WFBA’s career mum and Senior Structural Engineer Sophie Hayes
WFBA’s career mum and Senior Structural Engineer Sophie Hayes

Sophie Hayes from Southampton has over 14 years’ experience as a Structural Engineer.  Since attending Portsmouth University to gain her BEng degree in Civil engineering and gaining her Chartered membership of the Institution of Structural Engineers, mother of two Sophie says that she has seen the construction industry become more confident in the abilities of female professionals.

“I recently attended a meeting that reinforced this, the Health and Safety Co-ordinator, the Architect and the Design Manager, 3 women from 3 different companies.  That was a first for me but I’m confident if the industry continues to encourage girls to consider a career in the different facets of construction, it will only take a few years before that becomes more common place.”

Sophie admits that she has been fortunate in the fact that the first consulting civil and structural engineering company, Romsey based WFBA, gave her that important first job in 2004 (before her degree results) and even though Sophie left their employment for 7 years, she was welcomed back in 2013 just prior to her Chartered membership exam and then her marriage to Robin in 2014, a mechanical services engineer. She is now Chartered and a Senior Structural Engineer.

WFBA’s Directors Bill Brown and Nick Groves admit that they welcomed the return of Sophie in the knowledge that she was very likely to become a mother within a few years.

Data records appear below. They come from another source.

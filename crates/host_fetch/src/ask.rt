//! Requests for pages.

ghost use Rattle.std.specs.Prelude.{◌≡◌, ℕ, ◌<◌, ◌≤◌, ◌==◌, if◌then◌else◌, [], ◌∷◌, ◌++◌, drop, length, map, take, IfOk, OnOk, OnErr};
ghost use Rattle.std.specs.List.{All, list_any};
ghost use Rattle.image_depot.specs.Image.{place_count};
ghost use Rattle.image_depot.specs.Key.{IsKeyOf, image_of};
ghost use Rattle.image_depot.specs.Reply.{IsClaimOf};
ghost use Rattle.page_claims.specs.Calls.{IsSamePass};
ghost use Rattle.host_fetch.specs.Asked.{AreAsked, ArePartlyAsked, IsAsked, IsTold, IsUntold, first_asked, reply_in, reply_with};

use crate::fetcher::Fetcher;
use crate::waiting::Waiting;
use image_depot::{Depot, ImageKey, Parcel, Receiver, Sent};
use page_claims::{ClaimPass, Claimed, First};
use std::alloc::{AllocError, Global};
use std::sync::Wait;

/// The wanted page, and as many of the absent pages above it up to an end, the lowest first.
pub fn first_asked<T: Receiver>(
    alloc: Global,
    receiver: &T,
    page: u32,
    end: u32,
    ahead: u32,
) -> Result<Vec<u32>, AllocError>
    requires pages { end ≤ length (T.here receiver.now) }
    requires there { page < end }
    ensures value { IfOk result (λ asked. asked.items ≡ first_asked (T.here receiver.now) page end ahead) }
    ensures there { IfOk result (λ asked. All (λ each. each < length (T.here receiver.now)) asked.items) }
{
    let ahead = ahead as usize;
    let mut asked = Vec::with_capacity(alloc, ahead + 1)?;
    asked.push(page)?;
    for next in page + 1..end {
        if asked.len() > ahead {
            return Ok(asked);
        }
        if receiver.is_here(next) {
            continue;
        }
        asked.push(next)?;
    }
    Ok(asked)
}

impl<'a> Fetcher<'a> {
    /// Asks for these pages of an image, and gives the replies, which wait. Each page is claimed, and what was claimed for the first
    /// time is pushed, and told.
    pub fn ask_first<R: Wait>(
        &self,
        rt: &R,
        key: &ImageKey,
        pages: &[u32],
        claiming: ClaimPass,
        pushed: &mut Vec<Sent>,
    ) -> (ClaimPass, Result<Vec<Waiting<'a>>, AllocError>)
        requires here { IsKeyOf self.now.depot.now key.now }
        requires there { All (λ page. page < place_count (image_of key.now)) pages.now }
        requires claims { claiming.table ≡ self.now.claims.now.table }
        ensures waiting { IfOk result.1 (λ waiting. map reply_in waiting.items ≡ map (reply_with key.now) pages.now) }
        ensures asked { OnOk result.1 (AreAsked self.now.depot.now self.now.claims.now key.now pages.now
            (record { sent = pushed.old.items; pass = claiming }) (record { sent = pushed.new.items; pass = result.0 })) }
        ensures err { OnErr result.1 ((count : ℕ) × ArePartlyAsked self.now.depot.now self.now.claims.now key.now (take 1 (drop count pages.now)) (take count pages.now)
            (record { sent = pushed.old.items; pass = claiming }) (record { sent = pushed.new.items; pass = result.0 })) }
        ensures same { IsSamePass claiming result.0 }
    {
        let Ok(mut waiting) = Vec::with_capacity(self.alloc, pages.len()) else {
            return (claiming, Err(AllocError));
        };
        let mut claiming = claiming;
        for page in pages {
            let (after, asked) = self.ask(rt, key, *page, claiming, &mut waiting, pushed);
            claiming = after;
            let Ok(()) = asked else {
                return (claiming, Err(AllocError));
            };
        }
        (claiming, Ok(waiting))
    }

    /// Asks for a page of an image. The reply waits behind the others. The page is claimed, and where that is the first claim the
    /// reply is pushed, and told.
    pub fn ask<R: Wait>(
        &self,
        rt: &R,
        key: &ImageKey,
        page: u32,
        claiming: ClaimPass,
        waiting: &mut Vec<Waiting<'a>>,
        pushed: &mut Vec<Sent>,
    ) -> (ClaimPass, Result<(), AllocError>)
        requires here { IsKeyOf self.now.depot.now key.now }
        requires there { page < place_count (image_of key.now) }
        requires claims { claiming.table ≡ self.now.claims.now.table }
        ensures waiting { OnOk result.1 (map reply_in waiting.new.items ≡ map reply_in waiting.old.items ++ reply_with key.now page ∷ []) }
        ensures asked { OnOk result.1 (IsAsked self.now.depot.now self.now.claims.now key.now page
            (record { sent = pushed.old.items; pass = claiming }) (record { sent = pushed.new.items; pass = result.0 })) }
        ensures err { OnErr result.1 (IsUntold self.now.claims.now key.now page
            (record { sent = pushed.old.items; pass = claiming }) (record { sent = pushed.new.items; pass = result.0 })) }
        ensures same { IsSamePass claiming result.0 }
    {
        let Ok(parcel) = self.depot.answer(key, page) else {
            return (claiming, Err(AllocError));
        };
        let (claiming, claimed) = self.claims.claim(claiming, key.number(), page);
        match claimed {
            Claimed::First(first) => (
                claiming,
                keep(rt, self.depot, first, parcel, waiting, pushed),
            ),
            Claimed::Repeat => (claiming, hold(parcel, waiting)),
            Claimed::Outside => (claiming, hold(parcel, waiting)),
        }
    }

    /// Asks for a page of an image again, where no reply with it waits.
    pub fn ask_again<R: Wait>(
        &self,
        rt: &R,
        key: &ImageKey,
        page: u32,
        claiming: ClaimPass,
        waiting: &mut Vec<Waiting<'a>>,
        pushed: &mut Vec<Sent>,
    ) -> (ClaimPass, Result<(), AllocError>)
        requires here { IsKeyOf self.now.depot.now key.now }
        requires there { page < place_count (image_of key.now) }
        requires claims { claiming.table ≡ self.now.claims.now.table }
        ensures waiting { OnOk result.1 (map reply_in waiting.new.items ≡ map reply_in waiting.old.items
            ++ (if list_any (λ w. (reply_in w).page == page) waiting.old.items then [] else reply_with key.now page ∷ [])) }
        ensures asked { OnOk result.1 (AreAsked self.now.depot.now self.now.claims.now key.now
            (if list_any (λ w. (reply_in w).page == page) waiting.old.items then [] else page ∷ [])
            (record { sent = pushed.old.items; pass = claiming }) (record { sent = pushed.new.items; pass = result.0 })) }
        ensures err { OnErr result.1 (IsUntold self.now.claims.now key.now page
            (record { sent = pushed.old.items; pass = claiming }) (record { sent = pushed.new.items; pass = result.0 })) }
        ensures same { IsSamePass claiming result.0 }
    {
        if waits(waiting, page) {
            return (claiming, Ok(()));
        }
        self.ask(rt, key, page, claiming, waiting, pushed)
    }
}

/// Pushes a reply whose page was claimed for the first time, and tells it. It waits behind the others.
fn keep<'a, R: Wait>(
    rt: &R,
    depot: &'a Depot,
    first: First,
    parcel: Parcel,
    waiting: &mut Vec<Waiting<'a>>,
    pushed: &mut Vec<Sent>,
) -> Result<(), AllocError>
    requires of_depot { IsKeyOf depot.now parcel.key }
    requires claimed { IsClaimOf parcel first }
    ensures waiting { OnOk result (map reply_in waiting.new.items ≡ map reply_in waiting.old.items ++ parcel ∷ []) }
    ensures told { OnOk result (IsTold depot.now parcel (Claimed.First first) pushed.old.items pushed.new.items) }
    ensures err { OnErr result (pushed.new.items ≡ pushed.old.items) }
{
    // What was pushed is told: there is room for it before.
    waiting.reserve(1)?;
    pushed.reserve(1)?;
    let sent = depot.push(rt, first, parcel)?;
    waiting.push(Waiting::Kept(depot.sent(&sent)))?;
    pushed.push(sent)?;
    Ok(())
}

/// A reply that is not pushed waits behind the others.
fn hold<'a>(parcel: Parcel, waiting: &mut Vec<Waiting<'a>>) -> Result<(), AllocError>
    ensures { OnOk result (map reply_in waiting.new.items ≡ map reply_in waiting.old.items ++ parcel ∷ []) }
{
    waiting.push(Waiting::Own(parcel))?;
    Ok(())
}

/// Whether a reply with a page waits.
fn waits(waiting: &[Waiting<'_>], page: u32) -> bool
    ensures { result ≡ list_any (λ w. (reply_in w).page == page) waiting.now }
{
    waiting.iter().any(|one| one.parcel().page() == page)
}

“We knew that Sophie had the knowledge and experience to do the job as well as any of her male colleagues and as parents ourselves, we knew the issues faced by our wives when our children were young.  It’s only a temporary phase in a career so why would we not support Sophie?” said Nick Groves.

Sophie admits that she has been fortunate to have employers who offer her a short working week that permits the constant juggling act between career and motherhood of 3 year old Dylan and 1 year old Keira. The fact that her own mother and mother-in-law are reasonably close to help, also allows the juggling act to succeed.

“It’s worth it,” says Sophie. “I’m confident that I’m on an equal wage with my male colleagues and so it’s very satisfying to know that my early interest in maths and physics has resulted in working in an industry that I can enjoy. I’m very keen to contribute to WFBA over the long term as it continues to expand and gain a variety of interesting construction projects.”

Nick Groves believes that it would be incredibly stupid to allow a brilliant team member of any gender to feel the need to give up a profession that they have aspired to become.  “Everyone is an individual with different demands and needs to make their career a success.  It makes us stronger as a business to recognise that and to embrace it.”